I was standing with Teddy in one of the long worksheds of the Barwick Aeroplane Factory at Hendon on that bright morning early in October, 1915. The wind was light, the barometer high, and both of us had been up, as we had been testing our monoplanes.

As he stood leaning against a half-finished machine idly smoking a 'gasper'—a cigarette in the airman jargon—he presented a fine picture of the clean-limbed young Englishman in his wind-proof aviation suit, with leather cap and ear-pieces, while his goggles had been pushed upon his brow.

Both of us, 'as quirks,' had learned to fly at the same school at Brooklands before the outbreak of war, and both of us were enthusiastic airmen.

In introducing myself to the reader of this chronicle of fact I suppose I ought—at the risk of using the first person singular a little too much—to explain that I, Claude Munro, aged twenty-five, am son of Sir Reginald Munro, a man well known as a physician, a prominent prescriber of pills and powders in Wimpole Street.

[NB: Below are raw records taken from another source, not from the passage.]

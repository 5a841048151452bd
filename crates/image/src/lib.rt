// The saved machine: a controller as an image, and back. `layout` says where each field stands.
#![tactic(auto)]

ghost use Rattle.std.specs.Prelude.{◌≡◌};
ghost use Rattle.controller.specs.Answers.{number_of};
ghost use Rattle.image.specs.Open.{open_image, opened, store_image};

use controller::{Refusal, Reu};
use layout::IMAGE_BYTES;

pub mod in_place;
pub mod layout;
mod pack;
pub mod unpack;

// The controller that an image holds.
#[tactic(auto, unfolding(crate::specs::Open::open_image, controller::specs::Refusals::checked))]
#[inline(always)]
pub fn open(image: &[u8]) -> Result<Reu, Refusal>
    ensures { opened result ≡ open_image image.now }
{
    let fields: &[u8; IMAGE_BYTES] = image.try_into().map_err(|_| Refusal::Length)?;
    if unpack::accepted(fields) {
        Ok(unpack::controller_at(fields))
    } else {
        Err(Refusal::Field)
    }
}

// Lays the image of a controller over a slice of an image's length. Refuses a slice of another length, and a controller that
// opening would refuse: then the slice stays as it is. What elements it ends with is told of `as_mut_array`, and not of `try_into`.
#[tactic(auto, unfolding(crate::specs::Open::store_image, controller::specs::Refusals::checked))]
pub fn store(out: &mut [u8], reu: Reu) -> Result<(), Refusal>
    ensures { (number_of result, out.new) ≡ store_image reu out.old }
{
    let fields = out.as_mut_array::<IMAGE_BYTES>().ok_or(Refusal::Length)?;
    if reu.well_formed() {
        pack::pack(fields, reu);
        Ok(())
    } else {
        Err(Refusal::Field)
    }
}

On coming down from Cambridge I had read for the bar a short time, but finding that my inclination was more in the direction of electricity and mechanics, my indulgent father allowed me to take a course of study at a Wireless School, where I was not long in learning most of the recent discoveries in the field of radiotelegraphy.

One Saturday afternoon, about two years before, my father had taken me in his car to Hendon to see the passenger-flights at two guineas a head, and the excellent Verrier had taken me up with him. Immediately I became 'bitten' with aviation, and instantly decided to adopt it as a profession.

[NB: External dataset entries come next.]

// The controller that an image holds, field by field, and whether each field is in its range.
ghost use Rattle.std.specs.Prelude.{◌≡◌, ◌+◌, ◌≤◌, ◌&&◌, drop, take};
ghost use Rattle.controller.specs.Prelude.{bool_eq, eqb, not};
ghost use Rattle.controller.specs.Refusals.{well_formed};
ghost use Rattle.image.specs.Radix.{below, joined};
ghost use Rattle.image.specs.Fields.{lifted, radices, values};
ghost use Rattle.image.specs.Layout.{at, dma_in, fields, image_size, kind, phase_of, reu_at, size_of, transfer_fields, transfer_of};
ghost use Rattle.image.specs.Inner.{gets};
ghost use Rattle.image.specs.Open.{all_zero, image_ok};
ghost use Rattle.transfer.specs.Bytes.{bit};
ghost use Rattle.transfer.specs.Constants.{status, version};

use crate::layout;
use crate::layout::IMAGE_BYTES;
use controller::Reu;
use regs::{STATUS, STATUS_VERSION, length_of};
use transfer::{C64Address, DmaState, ExpansionAddress, SwapPhase, TransferType};

// ---- the bytes of a field from its place on, and a number of two or three, the low byte first. A place is where a field starts, and not how
// wide it is, so each of these asks that what it reads ends within the image. A type of places would be no plainer: it would carry the
// width with it, and the code has the width as N.
#[tactic(auto, using(crate::proofs::Gets::gets_slice))]
pub(crate) fn bytes<const N: usize>(image: &[u8; IMAGE_BYTES], place: usize) -> [u8; N]
    requires { place + N ≤ image_size }
    ensures { result ≡ gets place N image.now }
{
    let mut found = [0; N];
    found.copy_from_slice(&image[place..place + N]);
    found
}

pub(crate) fn word(image: &[u8; IMAGE_BYTES], place: usize) -> u16
    requires { place + 2 ≤ image_size }
    ensures { result ≡ joined (radices 2) (gets place 2 image.now) }
{
    u16::from_le_bytes(bytes(image, place))
}

// An address in the expansion has three bytes.
fn three(image: &[u8; IMAGE_BYTES], place: usize) -> u32
    requires { place + 3 ≤ image_size }
    ensures { result ≡ joined (radices 3) (gets place 3 image.now) }
{
    let [low, middle, high] = bytes::<3>(image, place);
    u32::from_le_bytes([low, middle, high, 0])
}

// A phase and a size are numbers here since a saved image holds bytes. A `match` is plainer than a table of sizes: the code would be cast to index
// it, and past its end there is a size too.
fn phase_of(n: u8) -> SwapPhase
    ensures { result ≡ phase_of n }
{
    if n == 0 {
        SwapPhase::ReadC64
    } else {
        SwapPhase::WriteC64
    }
}

fn size_of(code: u8) -> u32
    ensures { result ≡ size_of code }
{
    match code {
        0 => 524_288,
        1 => 262_144,
        _ => 131_072,
    }
}

// ---- the controller. Each flag stands beside its bit, as in `pack`
#[tactic(auto, using(crate::proofs::ByBytes::transfer_listed))]
#[inline(always)]
pub fn transfer_at(image: &[u8; IMAGE_BYTES]) -> DmaState
    ensures { result ≡ transfer_of (lifted fields image.now) }
{
    let options = image[layout::OPTIONS];
    let kind = TransferType::from_command(image[layout::TYPE]);
    let phase = phase_of(image[layout::PHASE]);
    let c64 = C64Address(word(image, layout::TRANSFER_C64));
    let exp = ExpansionAddress(three(image, layout::TRANSFER_EXPANSION));
    let left = length_of(word(image, layout::REMAINING));
    DmaState {
        transfer_type: kind,
        swap_phase: phase,
        c64_addr: c64,
        reu_addr: exp,
        remaining: left,
        fix_c64: options & 0x01 != 0,
        fix_reu: options & 0x02 != 0,
        autoload: options & 0x04 != 0,
        latch: image[layout::LATCH],
        first_byte: options & 0x08 != 0,
        read_clock_odd: options & 0x10 != 0,
        verify_tail: options & 0x20 != 0,
    }
}

#[inline(always)]
fn dma_at(image: &[u8; IMAGE_BYTES]) -> Option<DmaState>
    ensures { result ≡ dma_in (lifted fields image.now) }
{
    if image[layout::TRANSFER] == 0 {
        None
    } else {
        Some(transfer_at(image))
    }
}

#[inline(always)]
pub fn controller_at(image: &[u8; IMAGE_BYTES]) -> Reu
    ensures { result ≡ reu_at image.now }
{
    let flags = image[layout::FLAGS];
    let more = image[layout::MORE_FLAGS];
    Reu {
        regs: bytes(image, layout::REGISTERS),
        shadow_c64_addr: word(image, layout::SHADOW_C64),
        shadow_reu_addr: three(image, layout::SHADOW_EXPANSION),
        shadow_len: word(image, layout::SHADOW_LENGTH),
        enabled: flags & 0x01 != 0,
        irq_pending: flags & 0x02 != 0,
        attached: flags & 0x04 != 0,
        waiting_ff00: flags & 0x08 != 0,
        ba_was_high: flags & 0x10 != 0,
        recall_repeat: flags & 0x20 != 0,
        terminal_swap_write: flags & 0x40 != 0,
        late_ba_fall: flags & 0x80 != 0,
        swap_refresh: more & 0x01 != 0,
        swap_release_pending: more & 0x02 != 0,
        swap_read_delay: image[layout::DELAY],
        dma: dma_at(image),
        granted_cycles: u32::from_le_bytes(bytes(image, layout::GRANTED_CYCLES)),
        size: size_of(more / 4),
    }
}

// ---- the ranges

// The fields whose bytes could say more values than they have.
fn ranges_ok(image: &[u8; IMAGE_BYTES]) -> bool
    ensures { result ≡ below (values fields) (lifted fields image.now) }
{
    (image[layout::MORE_FLAGS] < 12)
        & (image[layout::DELAY] < 3)
        & (image[layout::TRANSFER] < 2)
        & (image[layout::TYPE] < 4)
        & (image[layout::PHASE] < 2)
        & (image[layout::OPTIONS] < 64)
}

// There is no transfer, and its fields are 0: a number is where each of its bytes is. The twelve bytes are looked at as eight and eight.
fn idle_ok(image: &[u8; IMAGE_BYTES]) -> bool
    ensures { result ≡ eqb (at image.now 21) 0 && all_zero (take transfer_fields (drop kind (lifted fields image.now))) }
{
    let front = u64::from_le_bytes(bytes(image, layout::TRANSFER));
    let back = u64::from_le_bytes(bytes(image, layout::TRANSFER_C64 + 1));
    (front == 0) & (back == 0)
}

// Of more flags bit 3: the smallest size is coded by 8 to 11 there, and the others by less.
const SMALLEST: u8 = 0x08;

// STATUS has the mark of a size that is coded: its bit 4 is 1 where bit 3 of more flags is 0. One bit is compared with twice the other: by two truth
// values it takes three instructions more.
#[tactic(auto, using(crate::proofs::Accepted::one_of_two))]
fn marked(image: &[u8; IMAGE_BYTES]) -> bool
    ensures { result ≡ bool_eq (bit (at image.now status) version) (not (bit (at image.now 19) 3)) }
{
    image[layout::REGISTERS + STATUS] & STATUS_VERSION != 2 * (image[layout::MORE_FLAGS] & SMALLEST)
}

// The ranges and the controller's own tests, of an image with a transfer. It stays a function of its own: within the test of an image it would take
// registers that an image without one would have to save.
#[inline(never)]
fn running_ok(image: &[u8; IMAGE_BYTES]) -> bool
    ensures { result ≡ below (values fields) (lifted fields image.now) && well_formed (reu_at image.now) }
{
    ranges_ok(image) && controller_at(image).well_formed()
}

// Whether an image is accepted: the test of its bytes for opening it, and for its registers where it stands. Without a transfer few are left to look
// at. The two tests of a cycle look at fewer, from which this follows (`in_place::rests`, `moves`).
#[inline(always)]
pub fn accepted(image: &[u8; IMAGE_BYTES]) -> bool
    ensures { result ≡ image_ok image.now }
{
    if idle_ok(image) {
        let ranges = (image[layout::MORE_FLAGS] < 12) & (image[layout::DELAY] < 3);
        return ranges & marked(image);
    }
    if image[layout::TRANSFER] == 0 {
        return false;
    }
    running_ok(image)
}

At first the governor—as all governors do—set his face firmly against such a risky business, but at last I persuaded him to plank down the fees, and thereupon I began a course of tuition in flying, with the result that I now owned my own big monoplane upon which I was conducting certain important experiments, in association with Teddy Ashton.

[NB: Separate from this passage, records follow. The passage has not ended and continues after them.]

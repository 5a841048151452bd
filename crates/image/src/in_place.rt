// An image where it stands: setters, each of which lays down its fields and leaves all other bytes, and two tests, which say that an image is accepted,
// that what is lent has its length, and that a cycle has little to do. What is not looked at is not opened.
ghost use Rattle.std.specs.Prelude.{◌≡◌, true, ◌%◌};
ghost use Rattle.std.proofs.lemmas.List.Edits.{sets};
ghost use Rattle.transfer.specs.Constants.{expansion_limit};
ghost use Rattle.regs.specs.FinishDma.{counters};
ghost use Rattle.image.specs.Fields.{laid};
ghost use Rattle.image.specs.Layout.{flag_bits, flags, flags_of, granted_field, kind, place_of, shadow_c64, shadow_exp, shadow_length, transfer_numbers};
ghost use Rattle.image.specs.Inner.{fitted, gets, stored, transfer_part};
ghost use Rattle.std.specs.Int.{from_le_bytes, w64};
ghost use Rattle.image.specs.InPlace.{Moving, Resting, Sized};

use crate::layout::{
    FLAGS, GRANTED_CYCLES, IMAGE_BYTES, MORE_FLAGS, OPTIONS, PHASE, REGISTERS, SHADOW_C64,
    SHADOW_EXPANSION, SHADOW_LENGTH, TRANSFER_C64, TYPE,
};
use crate::pack;
use crate::unpack::bytes;
use controller::{BUS_BYTES, Reu};
use regs::{C64_ADDRESS_LOW, REU_ADDRESS_LOW, STATUS, STATUS_VERSION, TRANSFER_LENGTH_LOW};
use transfer::DmaState;

// ---- the registers, the eight flags, the count, the registers' counters, and a transfer

// With their shadows, which stand behind them.
#[inline(always)]
pub fn set_registers(image: &mut [u8; IMAGE_BYTES], reu: Reu)
    ensures { image.new ≡ stored shadow_length (stored shadow_exp (stored shadow_c64 (sets image.old 0 reu.regs) reu.shadow_c64_addr) (reu.shadow_reu_addr % expansion_limit)) reu.shadow_len }
{
    pack::put(image, REGISTERS, reu.regs);
    pack::put(image, SHADOW_C64, reu.shadow_c64_addr.to_le_bytes());
    pack::put(image, SHADOW_EXPANSION, pack::three(reu.shadow_reu_addr));
    pack::put(image, SHADOW_LENGTH, reu.shadow_len.to_le_bytes());
}

#[inline(always)]
pub fn set_flags(image: &mut [u8; IMAGE_BYTES], reu: Reu)
    ensures { image.new ≡ stored flags image.old (flags_of (flag_bits reu)) }
{
    pack::put(image, FLAGS, [pack::flags(reu)]);
}

#[inline(always)]
pub fn set_granted(image: &mut [u8; IMAGE_BYTES], granted: u32)
    ensures { image.new ≡ stored granted_field image.old granted }
{
    pack::put(image, GRANTED_CYCLES, granted.to_le_bytes());
}

// The seven address and length registers: the image begins with the registers, so its bytes have their numbers.
#[inline(always)]
pub fn set_counters(image: &mut [u8; IMAGE_BYTES], d: DmaState)
    ensures { image.new ≡ counters image.old d.c64_addr.0 d.reu_addr.0 d.remaining }
{
    pack::put(image, C64_ADDRESS_LOW, d.c64_addr.0.to_le_bytes());
    pack::put(image, REU_ADDRESS_LOW, pack::three(d.reu_addr.0));
    pack::put(image, TRANSFER_LENGTH_LOW, pack::remaining(d.remaining));
}

#[inline(always)]
pub fn set_transfer(image: &mut [u8; IMAGE_BYTES], d: DmaState)
    ensures { image.new ≡ sets image.old (place_of kind) (laid transfer_part (transfer_numbers (Some (fitted d)))) }
{
    pack::put_transfer(image, d);
}

// ---- what an image that is not opened says of its controller

// The storage has the size that is set, and STATUS its mark. By cases: by `size_of` an idle cycle takes 15 instructions more.
#[inline(always)]
fn sized(image: &[u8; IMAGE_BYTES], storage: usize) -> bool
    ensures { result ≡ true → Sized image.now storage }
{
    let marked = image[REGISTERS + STATUS] & STATUS_VERSION != 0;
    match image[MORE_FLAGS] / 4 {
        0 => marked & (storage == 524_288),
        1 => marked & (storage == 262_144),
        2 => !marked & (storage == 131_072),
        _ => false,
    }
}

// The eight bytes from the length's shadow on, the lowest first: the shadow, flags, more flags, delay, transfer, type and phase.
#[inline(always)]
fn length_to_phase(image: &[u8; IMAGE_BYTES]) -> u64
    ensures { result ≡ from_le_bytes w64 (gets 16 8 image.now) }
{
    u64::from_le_bytes(bytes(image, SHADOW_LENGTH))
}

// Of these, which bits are looked at. At rest all must be 0: terminal write, the unused bits of more flags, and delay, transfer, type and phase whole.
const REST_BITS: u64 = 0xFFFF_FFFF_F040_0000;

// With a transfer: attached, recall repeat and terminal write; refresh; delay and transfer whole; a type below 4, a phase below 2. Two are not 0:
// attached, and the transfer that is there.
const MOVE_BITS: u64 = 0xFEFC_FFFF_F164_0000;

const MOVE_FOUND: u64 = 0x0000_0100_0004_0000;

// Accepted and lent what it needs, with no transfer, no terminal pair and no delay.
#[inline(always)]
#[tactic(auto, using(crate::proofs::InPlace::resting))]
pub fn rests(image: &[u8; IMAGE_BYTES], bus: usize, storage: usize) -> bool
    ensures { result ≡ true → Resting image.now bus storage }
{
    if length_to_phase(image) & REST_BITS != 0 {
        return false;
    }
    if u64::from_le_bytes(bytes(image, TRANSFER_C64)) != 0 {
        return false;
    }
    if image[OPTIONS] != 0 {
        return false;
    }
    if bus != BUS_BYTES {
        return false;
    }
    sized(image, storage)
}

// Accepted and lent what it needs, with a transfer that has no tail, and no refresh, recall repeat, terminal pair or delay.
#[inline(always)]
#[tactic(auto, using(crate::proofs::InPlace::moving))]
pub fn moves(image: &[u8; IMAGE_BYTES], bus: usize, storage: usize) -> bool
    ensures { result ≡ true → Moving image.now bus storage }
{
    if length_to_phase(image) & MOVE_BITS != MOVE_FOUND {
        return false;
    }
    // A tail is bit 5, and above it there is none.
    if image[OPTIONS] > 31 {
        return false;
    }
    // A write half is a swap's.
    if (image[PHASE] != 0) & (image[TYPE] != 2) {
        return false;
    }
    if bus != BUS_BYTES {
        return false;
    }
    sized(image, storage)
}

'See that in the paper this morning about the new German Fokker monoplane?' I asked him as we both smoked and rested, our machines standing side by side outside.

'Of course, my dear old Claude,' was his reply. 'It would be one of the jokes of the war if it wasn't such a grim jest. Remember what they said recently in Parliament—that we held the supremacy of the air, and that it is maintained.'

'All humbug,' I declared bluntly. 'Sad though it is to admit it.'

'Of course it is!' cried Teddy very emphatically. 'The fact is that the public haven't yet realized that the joke is against our Government "experts" who now see all their science set at nought by a rule-of-the-thumb Dutchman who, by the simple process of putting a big engine into a copy of an obsolete French monoplane, has given his own country's chief enemy the freedom of the air.'

I agreed with him; and his words, I confess, set me thinking. The papers had been full of the Fokker aeroplane, of its great superiority over anything we possessed, and of it as a real peril to our pilots in Flanders.

'The real fact is,' declared Teddy, in the intervals of a deal of hammering, 'that there's nothing extraordinary about the Fokker except that it is built sensibly for a definite job and does it, while our own "experts" have tangled themselves and the British aircraft industry in a web of pseudo-science and political scheming which has resulted in our lack of the proper machines and engines to fight the Zeppelins.'

'Yes,' I answered with a sigh. 'You're quite right, Teddy. But something must be done. We must find some means by which to fight the enemy's dirigibles. We have a few good aeroplanes, I admit, but, as you say, those are not the product of the Government factories, but have been produced by private firms. Why? Because air-men have been so badly let down by their experts.'

At that moment a shadow was cast before the door of the shed, and a bright musical feminine voice cried:

'Hulloa, Claude! I followed you hard, right from Hertford.'

It was Roseye—'Rosie' of the aerodrome! Roseye Lethmere, daughter of Sir Herbert Lethmere, was my own well-beloved, whom I had taught to fly, and who was at that moment perhaps the most notable airwoman in England.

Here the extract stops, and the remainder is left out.